• YOUR GOAL: Beneath this instruction is a listing; print exactly the lines in it starting at the line that contains "use schedule_lines::FaultKind;" and going through the line that contains "race has one".

━━━ TASK MATERIAL ━━━

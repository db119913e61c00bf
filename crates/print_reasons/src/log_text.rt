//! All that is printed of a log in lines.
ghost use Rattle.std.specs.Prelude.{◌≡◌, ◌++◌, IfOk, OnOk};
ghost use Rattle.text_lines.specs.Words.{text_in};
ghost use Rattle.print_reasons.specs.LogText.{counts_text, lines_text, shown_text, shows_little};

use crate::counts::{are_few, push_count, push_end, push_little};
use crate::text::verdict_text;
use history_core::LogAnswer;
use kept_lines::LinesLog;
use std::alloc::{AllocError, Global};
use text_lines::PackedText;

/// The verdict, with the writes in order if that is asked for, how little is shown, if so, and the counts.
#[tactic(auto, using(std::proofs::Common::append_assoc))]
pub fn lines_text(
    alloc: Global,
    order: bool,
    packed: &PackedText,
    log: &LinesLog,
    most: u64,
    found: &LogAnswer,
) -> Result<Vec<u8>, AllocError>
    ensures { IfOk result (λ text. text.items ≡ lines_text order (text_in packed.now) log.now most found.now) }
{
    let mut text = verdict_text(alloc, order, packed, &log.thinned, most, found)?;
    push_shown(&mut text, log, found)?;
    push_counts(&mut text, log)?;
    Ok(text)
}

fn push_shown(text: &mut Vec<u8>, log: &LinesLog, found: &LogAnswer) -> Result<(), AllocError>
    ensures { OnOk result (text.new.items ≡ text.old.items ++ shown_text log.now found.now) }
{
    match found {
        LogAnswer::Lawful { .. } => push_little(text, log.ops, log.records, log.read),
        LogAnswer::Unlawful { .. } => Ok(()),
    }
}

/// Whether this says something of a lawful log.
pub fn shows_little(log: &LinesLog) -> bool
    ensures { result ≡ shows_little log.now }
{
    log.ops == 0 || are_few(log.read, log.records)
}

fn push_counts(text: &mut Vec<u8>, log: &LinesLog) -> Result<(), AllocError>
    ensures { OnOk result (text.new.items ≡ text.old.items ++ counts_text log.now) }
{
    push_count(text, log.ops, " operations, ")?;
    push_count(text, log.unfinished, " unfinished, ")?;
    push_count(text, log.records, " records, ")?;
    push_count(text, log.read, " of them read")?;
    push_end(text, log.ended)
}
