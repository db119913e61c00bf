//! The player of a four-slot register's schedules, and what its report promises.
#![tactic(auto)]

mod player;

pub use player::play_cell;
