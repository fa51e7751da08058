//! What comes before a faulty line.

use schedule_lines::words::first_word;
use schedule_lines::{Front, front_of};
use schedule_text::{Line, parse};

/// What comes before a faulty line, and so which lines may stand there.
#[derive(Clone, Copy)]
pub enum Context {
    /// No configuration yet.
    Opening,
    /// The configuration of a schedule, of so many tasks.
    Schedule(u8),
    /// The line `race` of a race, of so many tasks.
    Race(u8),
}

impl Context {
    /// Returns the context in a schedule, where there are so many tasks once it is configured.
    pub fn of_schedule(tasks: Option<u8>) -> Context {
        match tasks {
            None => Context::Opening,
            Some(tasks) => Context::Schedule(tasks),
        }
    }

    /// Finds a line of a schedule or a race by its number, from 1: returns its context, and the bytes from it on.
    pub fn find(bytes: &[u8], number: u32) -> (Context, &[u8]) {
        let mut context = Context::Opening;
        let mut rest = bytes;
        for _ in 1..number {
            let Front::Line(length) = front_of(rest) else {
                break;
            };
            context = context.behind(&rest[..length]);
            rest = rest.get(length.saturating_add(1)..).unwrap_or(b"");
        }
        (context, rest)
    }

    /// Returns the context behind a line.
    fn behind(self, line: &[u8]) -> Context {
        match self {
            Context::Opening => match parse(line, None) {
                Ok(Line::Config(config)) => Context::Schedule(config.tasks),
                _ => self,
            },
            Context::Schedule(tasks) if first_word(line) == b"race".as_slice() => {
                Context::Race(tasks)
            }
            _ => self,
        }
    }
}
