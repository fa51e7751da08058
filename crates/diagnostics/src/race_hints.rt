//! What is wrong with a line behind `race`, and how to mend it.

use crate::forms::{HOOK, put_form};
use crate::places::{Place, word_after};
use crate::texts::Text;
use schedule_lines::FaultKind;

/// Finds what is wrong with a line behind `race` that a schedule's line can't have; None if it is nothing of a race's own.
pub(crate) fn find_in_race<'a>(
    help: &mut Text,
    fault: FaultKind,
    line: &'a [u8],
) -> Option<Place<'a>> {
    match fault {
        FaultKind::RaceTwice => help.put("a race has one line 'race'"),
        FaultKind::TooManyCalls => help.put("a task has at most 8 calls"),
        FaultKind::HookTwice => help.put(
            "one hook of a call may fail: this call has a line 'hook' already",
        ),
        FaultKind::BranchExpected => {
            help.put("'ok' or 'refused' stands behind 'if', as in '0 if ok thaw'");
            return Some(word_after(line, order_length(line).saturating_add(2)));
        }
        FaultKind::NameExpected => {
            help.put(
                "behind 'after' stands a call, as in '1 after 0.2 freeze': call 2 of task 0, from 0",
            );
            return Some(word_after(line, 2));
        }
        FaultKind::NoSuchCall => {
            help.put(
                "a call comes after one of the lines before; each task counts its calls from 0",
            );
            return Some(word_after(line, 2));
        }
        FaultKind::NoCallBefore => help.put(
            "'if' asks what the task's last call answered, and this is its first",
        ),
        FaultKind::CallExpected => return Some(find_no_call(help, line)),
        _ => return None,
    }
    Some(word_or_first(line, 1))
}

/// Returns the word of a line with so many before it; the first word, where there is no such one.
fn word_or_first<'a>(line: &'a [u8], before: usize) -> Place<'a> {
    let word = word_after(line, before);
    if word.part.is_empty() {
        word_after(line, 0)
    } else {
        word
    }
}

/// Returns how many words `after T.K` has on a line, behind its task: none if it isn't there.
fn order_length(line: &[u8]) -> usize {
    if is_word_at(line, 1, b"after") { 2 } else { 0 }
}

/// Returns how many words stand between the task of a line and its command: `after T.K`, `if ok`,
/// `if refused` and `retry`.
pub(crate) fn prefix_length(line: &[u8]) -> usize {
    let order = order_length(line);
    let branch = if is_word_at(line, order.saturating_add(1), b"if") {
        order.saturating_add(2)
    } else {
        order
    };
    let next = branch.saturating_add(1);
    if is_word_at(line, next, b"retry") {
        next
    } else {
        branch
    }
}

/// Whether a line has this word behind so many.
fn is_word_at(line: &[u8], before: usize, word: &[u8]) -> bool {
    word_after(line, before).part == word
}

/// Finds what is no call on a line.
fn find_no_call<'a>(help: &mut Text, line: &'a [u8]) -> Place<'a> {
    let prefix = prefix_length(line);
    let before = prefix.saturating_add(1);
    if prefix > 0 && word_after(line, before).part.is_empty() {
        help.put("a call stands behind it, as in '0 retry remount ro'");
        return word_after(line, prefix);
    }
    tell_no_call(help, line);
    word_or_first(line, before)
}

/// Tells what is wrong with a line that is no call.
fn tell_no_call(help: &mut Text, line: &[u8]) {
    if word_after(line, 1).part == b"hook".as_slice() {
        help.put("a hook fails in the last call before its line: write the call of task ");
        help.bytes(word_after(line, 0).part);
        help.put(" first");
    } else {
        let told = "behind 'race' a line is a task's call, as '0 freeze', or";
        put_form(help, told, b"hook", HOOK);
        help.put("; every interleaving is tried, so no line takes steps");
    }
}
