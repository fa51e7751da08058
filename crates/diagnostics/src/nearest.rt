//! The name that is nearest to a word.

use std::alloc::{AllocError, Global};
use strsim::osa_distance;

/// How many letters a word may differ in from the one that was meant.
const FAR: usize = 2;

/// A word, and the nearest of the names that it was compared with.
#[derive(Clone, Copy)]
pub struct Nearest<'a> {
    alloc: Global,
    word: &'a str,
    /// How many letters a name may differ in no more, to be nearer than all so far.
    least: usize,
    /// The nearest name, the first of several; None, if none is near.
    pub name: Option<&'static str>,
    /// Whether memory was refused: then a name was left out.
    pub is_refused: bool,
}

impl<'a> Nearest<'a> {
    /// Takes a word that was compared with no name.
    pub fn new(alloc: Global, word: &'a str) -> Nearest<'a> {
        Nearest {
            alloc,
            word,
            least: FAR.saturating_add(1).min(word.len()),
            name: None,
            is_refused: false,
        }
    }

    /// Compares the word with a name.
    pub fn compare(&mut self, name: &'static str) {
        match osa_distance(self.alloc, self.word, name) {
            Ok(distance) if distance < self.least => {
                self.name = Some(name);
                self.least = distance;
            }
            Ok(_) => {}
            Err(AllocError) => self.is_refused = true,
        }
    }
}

━━━

• SOLUTION TO THE PROBLEM:
use schedule_lines::FaultKind;

/// Finds what is wrong with a line behind `race` that a schedule's line can't have; None if it is nothing of a race's own.
pub(crate) fn find_in_race<'a>(
    help: &mut Text,
    fault: FaultKind,
    line: &'a [u8],
) -> Option<Place<'a>> {
    match fault {
        FaultKind::RaceTwice => help.put("a race has one line 'race'"),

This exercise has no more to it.